Depending on the selection of buying or selling the numerator or denominator of a currency pair, the derivative contracts are known as futures and options.
There are various ways to earn a profit from futures and options, but the contract-holder is always obliged to certain rules when they go into a contract.
There are some basic differences between futures and options and these differences are the ways through which investors can make a profit or a loss.
Long and Short Currency Trading
Currency futures and options are derivative contracts. These contracts derive their own values from utilization of the underlying assets, which, in this case, are currency pairs. Currencies are always traded in pairs.
For example, the Euro and U.S. Dollar pair is expressed as EUR/USD. When someone buys this pair, they are said to be going long (buying) with the numerator, or the base, currency, which is the Euro; and thereby selling the denominator (quote) currency, which is the Dollar. When someone sells the pair, it is selling the Euro and buying the Dollar. When the long currency appreciates against the short currency, people make money.
Foreign Currency Futures
Currency futures make the buyer of the contract to buy the long currency (numerator) by paying with the short currency (denominator) for it. The seller of a contract has the reverse obligation. The obligation of the contact is usually due on the expiration date of the future.
The ratio of currencies, bought and sold, is settled in advance between the parties involved.
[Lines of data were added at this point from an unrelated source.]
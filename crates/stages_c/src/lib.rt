// The functions of `stages` under plain C names. Each hands its arguments to the function of its name there and promises what that
// promises. No function asks anything of its caller beyond the types: a slice comes as a pointer to its first element and then a
// length, the pointer valid for that many elements (and never null, not even for the length 0); a bool is one byte, 0 or 1.
#![tactic(auto)]

ghost use Rattle.std.specs.Prelude.{◌≡◌};
ghost use Rattle.rounding.specs.rules.Rounding.{round_half_away, round_to_unsigned, round_to_signed, round_output};
ghost use Rattle.rounding.specs.rules.Sums.{pairwise_sum};
ghost use Rattle.params.specs.rules.Valid.{valid};

mod levels;
mod masks;
mod pages;
mod sorted_pages;
mod sorting_parts;

use params::LayoutParams;

// x at the nearest whole number, halves away from zero.
#[unsafe(no_mangle)]
pub extern "C" fn novlizeb_round(x: f64) -> f64
    ensures { result ≡ round_half_away x }
{
    stages::novlizeb_round(x)
}

// x rounded the same way, as a u32: the nearer end of the type's range beyond it, 0 for a NaN.
#[unsafe(no_mangle)]
pub extern "C" fn novlizeb_round_to_u32(x: f64) -> u32
    ensures { result ≡ round_to_unsigned 32 x }
{
    stages::novlizeb_round_to_u32(x)
}

// x rounded the same way, as a usize: the nearer end of the type's range beyond it, 0 for a NaN.
#[unsafe(no_mangle)]
pub extern "C" fn novlizeb_round_to_usize(x: f64) -> usize
    ensures { result ≡ round_to_unsigned 64 x }
{
    stages::novlizeb_round_to_usize(x)
}

// x rounded the same way, as an i32: the nearer end of the type's range beyond it, 0 for a NaN.
#[unsafe(no_mangle)]
pub extern "C" fn novlizeb_round_to_i32(x: f64) -> i32
    ensures { result ≡ round_to_signed 31 x }
{
    stages::novlizeb_round_to_i32(x)
}

// x rounded the same way, as an i64: the nearer end of the type's range beyond it, 0 for a NaN.
#[unsafe(no_mangle)]
pub extern "C" fn novlizeb_round_to_i64(x: f64) -> i64
    ensures { result ≡ round_to_signed 63 x }
{
    stages::novlizeb_round_to_i64(x)
}

// x at six decimals, either zero as 0.0.
#[unsafe(no_mangle)]
pub extern "C" fn novlizeb_round_output(x: f64) -> f64
    ensures { result ≡ round_output x }
{
    stages::novlizeb_round_output(x)
}

// The sum of the values, by halves.
#[unsafe(no_mangle)]
pub extern "C" fn novlizeb_pairwise_sum(values: &[f64]) -> f64
    ensures { result ≡ pairwise_sum values.now }
{
    stages::novlizeb_pairwise_sum(values)
}

// Whether a sheet is accepted.
#[unsafe(no_mangle)]
pub extern "C" fn novlizeb_validate(sheet: LayoutParams) -> bool
    ensures { result ≡ valid sheet }
{
    stages::novlizeb_validate(sheet)
}
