// Levelling: the two shears that make text lines level, the frame they give, a page plane moved into it, and the way back to
// the page (layout.rs).
#![tactic(auto)]

mod frame;
mod mapping;
mod page_plane;
mod plane;
mod plateaus;
mod shears;
mod tiles;

pub use frame::{FrameSize, Sides, fill_shears, frame_size};
pub use mapping::{rect_to_page, to_page};
pub use plane::level_plane;
pub use shears::{Drift, applied, is_shear};

// A point in page coordinates. It may lie outside the page, so its coordinates are signed.
#[derive(Clone, Copy, Debug, PartialEq, Eq)]
pub struct Point {
    pub x: i64,
    pub y: i64,
}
People make a profit or loss depending on the gap between the settled price and the real, effective price on the date of expiration.
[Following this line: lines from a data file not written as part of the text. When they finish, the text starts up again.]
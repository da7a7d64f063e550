// Thin rulings, the dots and the cuts of an ink plane, and the kind of a component by its size.
ghost use Rattle.std.specs.Prelude.{◌≡◌, ◌*◌, ◌-◌, length, drop};
ghost use Rattle.memory.specs.rules.Limits.{scratch_words};
ghost use Rattle.params.specs.rules.Valid.{float_zero};
ghost use Rattle.sorting.specs.rules.Kinds.{kind_by_size};
ghost use Rattle.rulings.specs.rules.Rulings.{run_min, thick_max};
ghost use Rattle.stages.specs.rules.Frames.{told};
ghost use Rattle.stages.specs.rules.Sorting.{rulings_fit, RulingsTold, cut_rulings, size_sheet};

// The dots of thin rulings, a word a dot from word `marks` on: 1 in a horizontal one, 2 in a vertical one, 3 in
// both; the words before are worked in. False, and nothing written, where something is outside its limits or too short.
#[unsafe(no_mangle)]
pub extern "C" fn novlizeb_thin_rulings(
    ink: &[u8],
    width: u32,
    height: u32,
    run_min: u32,
    thick_max: u32,
    words: &mut [u32],
    marks: u32,
) -> bool
    ensures { RulingsTold (rulings_fit (length ink.now) width height run_min (length words.old - marks) marks) run_min thick_max width height marks ink.now words.old result words.new }
{
    stages::novlizeb_thin_rulings(ink, width, height, run_min, thick_max, words, marks)
}

// The thin rulings of an ink plane, cut and labelled: counts then holds how many components the horizontal cut mask has, and the
// vertical one. Any byte but 0 is ink, and a least run below 2 counts as 2. The words are worked in. The answer is 0, or document
// 01's number of a refusal, which writes nothing but scratch, and that only with 20.
#[unsafe(no_mangle)]
pub extern "C" fn novlizeb_cut_rulings(
    ink: &[u8],
    width: u32,
    height: u32,
    run_min: u32,
    thick_max: u32,
    capacity: u32,
    words: &mut [u32],
    counts: &mut [u32],
) -> u32
    ensures { told result counts.new (length words.new) (drop (scratch_words (width * height) capacity) words.new) ≡ cut_rulings run_min thick_max width height ink.now capacity words.old counts.old }
{
    stages::novlizeb_cut_rulings(
        ink, width, height, run_min, thick_max, capacity, words, counts,
    )
}

// The least run of a thin ruling, in dots.
#[unsafe(no_mangle)]
pub extern "C" fn novlizeb_run_min(rule_run_xh: f64, unit: f64) -> u32
    ensures { result ≡ run_min (size_sheet 0 float_zero float_zero float_zero rule_run_xh float_zero) unit }
{
    stages::novlizeb_run_min(rule_run_xh, unit)
}

// Its greatest thickness.
#[unsafe(no_mangle)]
pub extern "C" fn novlizeb_thick_max(rule_max_thick_xh: f64, unit: f64) -> u32
    ensures { result ≡ thick_max (size_sheet 0 float_zero float_zero rule_max_thick_xh float_zero float_zero) unit }
{
    stages::novlizeb_thick_max(rule_max_thick_xh, unit)
}

// The kind of a component of this area, width and height, in a frame w wide and h high: 2 rule, 3
// graphic, 4 glyph, 5 speck. `value` is the unit, which does not show whether it was measured.
#[unsafe(no_mangle)]
pub extern "C" fn novlizeb_kind_by_size(
    glyph_min_area: u32,
    glyph_max_extent_frac: f64,
    rule_min_len_xh: f64,
    rule_max_thick_xh: f64,
    graphic_min_xh: f64,
    measured: bool,
    value: f64,
    w: u32,
    h: u32,
    area: u32,
    width: u32,
    height: u32,
) -> u32
    ensures { result ≡ kind_by_size (size_sheet glyph_min_area glyph_max_extent_frac rule_min_len_xh rule_max_thick_xh float_zero graphic_min_xh) value w h area width height }
{
    stages::novlizeb_kind_by_size(
        glyph_min_area,
        glyph_max_extent_frac,
        rule_min_len_xh,
        rule_max_thick_xh,
        graphic_min_xh,
        measured,
        value,
        w,
        h,
        area,
        width,
        height,
    )
}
Margins are deposited for the futures trades – cash is the important part that serves as the performance bond to make sure that both parties are obliged to fulfil their obligations.
Options on Currency Pairs
The party that purchases a currency pair call option may also decide to settle for an execution or to sell out the option on or before the date of expiration. There is a strike price of the option that shows a particular exchange ratio for the given pair of currencies.
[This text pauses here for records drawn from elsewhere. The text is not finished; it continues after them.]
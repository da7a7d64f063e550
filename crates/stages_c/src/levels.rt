// Levelling a page plane, and the way back. What is outside document 01's limits, or lent too short,
// gets 0 or false, and nothing is written.
ghost use Rattle.std.specs.Prelude.{◌≡◌, length};
ghost use Rattle.levelling.specs.rules.Shears as Shears;
ghost use Rattle.stages.specs.rules.Levels.{skew_sheet, frame_word, is_levelled, PlaneTold, point_in, rect_in, corner_word};

// The value where the skew is applied, else 0.
#[unsafe(no_mangle)]
pub extern "C" fn novlizeb_applied(least: f64, skew: f64, value: f64) -> f64
    ensures { result ≡ Shears.applied (skew_sheet least) skew value }
{
    stages::novlizeb_applied(least, skew, value)
}

// The frame's height times 2^32, and its width.
#[unsafe(no_mangle)]
pub extern "C" fn novlizeb_plane_size(page_w: u32, page_h: u32, slope: f64) -> u64
    ensures { result ≡ frame_word page_w page_h slope }
{
    stages::novlizeb_plane_size(page_w, page_h, slope)
}

// A page plane moved into its frame, `fill` in the dots that are added; both shears, one after the
// other, are written too.
#[unsafe(no_mangle)]
pub extern "C" fn novlizeb_level_plane(
    page: &[u8],
    fill: u8,
    page_w: u32,
    page_h: u32,
    slope: f64,
    shears: &mut [u32],
    out: &mut [u8],
) -> bool
    ensures { PlaneTold (is_levelled page_w page_h slope (length page.now) (length shears.old) (length out.old)) page_w page_h slope fill page.now shears.old out.old result shears.new out.new }
{
    stages::novlizeb_level_plane(page, fill, page_w, page_h, slope, shears, out)
}

// The page column of frame point (x, y), by the shears that levelling wrote.
#[unsafe(no_mangle)]
pub extern "C" fn novlizeb_to_page_x(shears: &[u32], page_w: u32, x: u32, y: u32) -> i64
    ensures { result ≡ (point_in shears.now page_w x y).x }
{
    stages::novlizeb_to_page_x(shears, page_w, x, y)
}

// Its page row.
#[unsafe(no_mangle)]
pub extern "C" fn novlizeb_to_page_y(shears: &[u32], page_w: u32, x: u32, y: u32) -> i64
    ensures { result ≡ (point_in shears.now page_w x y).y }
{
    stages::novlizeb_to_page_y(shears, page_w, x, y)
}

// The first corner of the page box of a frame box, by the shears that levelling wrote: its row times 2^32,
// and its column.
#[unsafe(no_mangle)]
pub extern "C" fn novlizeb_rect_to_page_start(
    shears: &[u32],
    page_w: u32,
    page_h: u32,
    x0: u32,
    y0: u32,
    x1: u32,
    y1: u32,
) -> u64
    ensures { result ≡ corner_word (rect_in shears.now page_w page_h (record { x0 = x0; y0 = y0; x1 = x1; y1 = y1 })).x0 (rect_in shears.now page_w page_h (record { x0 = x0; y0 = y0; x1 = x1; y1 = y1 })).y0 }
{
    stages::novlizeb_rect_to_page_start(shears, page_w, page_h, x0, y0, x1, y1)
}

// Its last corner.
#[unsafe(no_mangle)]
pub extern "C" fn novlizeb_rect_to_page_end(
    shears: &[u32],
    page_w: u32,
    page_h: u32,
    x0: u32,
    y0: u32,
    x1: u32,
    y1: u32,
) -> u64
    ensures { result ≡ corner_word (rect_in shears.now page_w page_h (record { x0 = x0; y0 = y0; x1 = x1; y1 = y1 })).x1 (rect_in shears.now page_w page_h (record { x0 = x0; y0 = y0; x1 = x1; y1 = y1 })).y1 }
{
    stages::novlizeb_rect_to_page_end(shears, page_w, page_h, x0, y0, x1, y1)
}
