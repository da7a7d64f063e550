// The way back from the frame to the page.
ghost use Rattle.std.specs.Prelude.{◌≡◌, ℕ, min, ◌-◌, ◌<◌, length};
ghost use Rattle.std.proofs.Math.IntN.{sub_ℕ};
ghost use Rattle.levelling.specs.rules.Frames.{frame_of};
ghost use Rattle.levelling.specs.rules.Mapping.{to_page, rect_to_page};
ghost use Rattle.levelling.specs.stages.Corners.{dot_to_page};

use crate::Point;
use memory::Rect;

// The way back: the shear of each page column and of each frame row, and the page's sides.
#[derive(Clone, Copy, Debug, PartialEq, Eq)]
struct Back<'a> {
    shear: &'a [u32],
    shear_x: &'a [u32],
    page_w: u32,
    page_h: u32,
}

// Frame point (x, y) in page coordinates; it may lie outside the page.
pub fn to_page(shear: &[u32], shear_x: &[u32], page_w: u32, x: u32, y: u32) -> Point
    requires { (0 < page_w) × (length shear.now ≡ page_w) × (y < length shear_x.now) }
    ensures { (page_h w h : ℕ) → result ≡ to_page (frame_of page_w page_h shear.now shear_x.now w h) x y }
{
    let left = shear_x[y as usize];
    let column = onto_side(x, left, page_w);
    Point {
        x: difference(x, left),
        y: difference(y, shear[column as usize]),
    }
}

// The page box of a frame box: the box around its four corners, each mapped back and moved onto the page.
pub fn rect_to_page(shear: &[u32], shear_x: &[u32], page_w: u32, page_h: u32, r: Rect) -> Rect
    requires { (0 < page_w) × (0 < page_h) × (length shear.now ≡ page_w) × (r.y0 < length shear_x.now) × (r.y1 < length shear_x.now) }
    ensures { (w h : ℕ) → result ≡ rect_to_page (frame_of page_w page_h shear.now shear_x.now w h) r }
{
    let back = Back {
        shear,
        shear_x,
        page_w,
        page_h,
    };
    let above = back.dot(r.x0, r.y0).union(back.dot(r.x1, r.y0));
    let below = back.dot(r.x0, r.y1).union(back.dot(r.x1, r.y1));
    above.union(below)
}

impl Back<'_> {
    // The page dot that frame point (x, y) maps to, moved onto the page, as a box.
    fn dot(&self, x: u32, y: u32) -> Rect
        requires { (0 < self.now.page_w) × (0 < self.now.page_h) × (length self.now.shear.now ≡ self.now.page_w) × (y < length self.now.shear_x.now) }
        ensures { (w h : ℕ) → result ≡ dot_to_page (frame_of self.now.page_w self.now.page_h self.now.shear.now self.now.shear_x.now w h) x y }
    {
        let column = onto_side(x, self.shear_x[y as usize], self.page_w);
        let row = onto_side(y, self.shear[column as usize], self.page_h);
        Rect {
            x0: column,
            y0: row,
            x1: column,
            y1: row,
        }
    }
}

// a - b moved onto a side of n dots.
fn onto_side(a: u32, b: u32, n: u32) -> u32
    requires { 0 < n }
    ensures { result ≡ min (a - b) (n - 1) }
{
    a.saturating_sub(b).min(n - 1)
}

// a - b, which may lie below 0.
fn difference(a: u32, b: u32) -> i64
    ensures { result ≡ sub_ℕ a b }
{
    a as i64 - b as i64
}
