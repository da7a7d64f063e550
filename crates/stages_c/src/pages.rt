// A whole segmentation of an ink plane. The answer is 0, or document 01's number of a refusal; a call that is refused writes nothing
// but scratch, and that only where the page itself has too much on it (20 and 21).
ghost use Rattle.std.specs.Prelude.{◌≡◌, ◌*◌, length, drop};
ghost use Rattle.memory.specs.rules.Limits.{scratch_words};
ghost use Rattle.stages.specs.rules.Pages.{left, paged};

use params::LayoutParams;

// Segments an ink plane of bytes 0 and 1: the lists in the words of results, the kind of each dot in kinds, and in the first fifteen words
// of figures what is told besides (specs/rules/Pages). The words are worked in. What can refuse the call is judged before anything is written.
#[unsafe(no_mangle)]
pub extern "C" fn novlizeb_segment_plane(
    ink: &[u8],
    w: u32,
    h: u32,
    sheet: LayoutParams,
    capacity: u32,
    words: &mut [u32],
    results: &mut [u32],
    kinds: &mut [u8],
    figures: &mut [u32],
) -> u32
    ensures { left result results.new kinds.new figures.new (length words.new) (drop (scratch_words (w * h) capacity) words.new) ≡ paged sheet w h ink.now capacity words.old results.old kinds.old figures.old }
{
    stages::novlizeb_segment_plane(ink, w, h, sheet, capacity, words, results, kinds, figures)
}
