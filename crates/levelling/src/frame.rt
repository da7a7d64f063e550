// The levelled frame: its sides, and its two shears.
ghost use Rattle.std.specs.Prelude.{◌≡◌, ◌++◌, ◌+◌, ◌≤◌, length};
ghost use Rattle.memory.specs.rules.Limits.{max_frame_width, max_frame_height};
ghost use Rattle.memory.specs.rules.Words.{over};
ghost use Rattle.rounding.specs.rules.Drift.{WithinOne};
ghost use Rattle.levelling.specs.rules.Frames.{PageSides, frame};

use crate::shears::{Drift, fill_shear, greatest_entry};

// The sides of the frame.
#[derive(Clone, Copy, Debug, PartialEq, Eq)]
pub struct FrameSize {
    pub w: u32,
    pub h: u32,
}

// The sides of a page and of its frame, as lengths.
#[derive(Clone, Copy, Debug, PartialEq, Eq)]
pub struct Sides {
    pub page_w: usize,
    pub page_h: usize,
    pub w: usize,
    pub h: usize,
}

// The page's sides and what the two shears add.
pub fn frame_size(page_w: u32, page_h: u32, slope: f64) -> FrameSize
    requires sides { PageSides page_w page_h }
    requires slope { WithinOne slope }
    ensures sides { (result.w ≡ (frame page_w page_h slope).w) × (result.h ≡ (frame page_w page_h slope).h) }
    ensures limits { (result.w ≤ max_frame_width) × (result.h ≤ max_frame_height) }
{
    let h = page_h + greatest_entry(Drift::Row, page_w, slope);
    let w = page_w + greatest_entry(Drift::Column, h, slope);
    FrameSize { w, h }
}

// The shear of each page column over the front of words, and behind it the shear of each frame row.
pub fn fill_shears(words: &mut [u32], page_w: u32, page_h: u32, slope: f64)
    requires sides { PageSides page_w page_h }
    requires slope { WithinOne slope }
    requires room { page_w + (frame page_w page_h slope).h ≤ length words.old }
    ensures { words.new ≡ over ((frame page_w page_h slope).shear ++ (frame page_w page_h slope).shear_x) words.old }
{
    let size = frame_size(page_w, page_h, slope);
    let h = size.h;
    let at = page_w as usize;
    fill_shear(words, Drift::Row, page_w, slope);
    fill_shear(&mut words[at..], Drift::Column, h, slope);
}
When the actual price of the currency pair is more than the strike price, the call holder earns a profit. It is said to execute the option by buying the base and selling the quote at a profitable term. A put buyer always bets on the denominator or quote currency appreciating against the numerator or the base currency.
Options on Currency Futures
Instead of having to buy and sell currency pairs, options in a currency future offers the contract-holders the right, but not an obligation, to purchase a futures contract on the particular currency pair.
The strategy in such a case is that the option buyer can profit from the futures market without having to put down any margin in the contract. When the futures contract appreciate, the call or contract holder can just sell the call for a profit. The call holder does not need to buy the underlying futures contract. A put buyer can easily earn a profit if the futures contract loses value.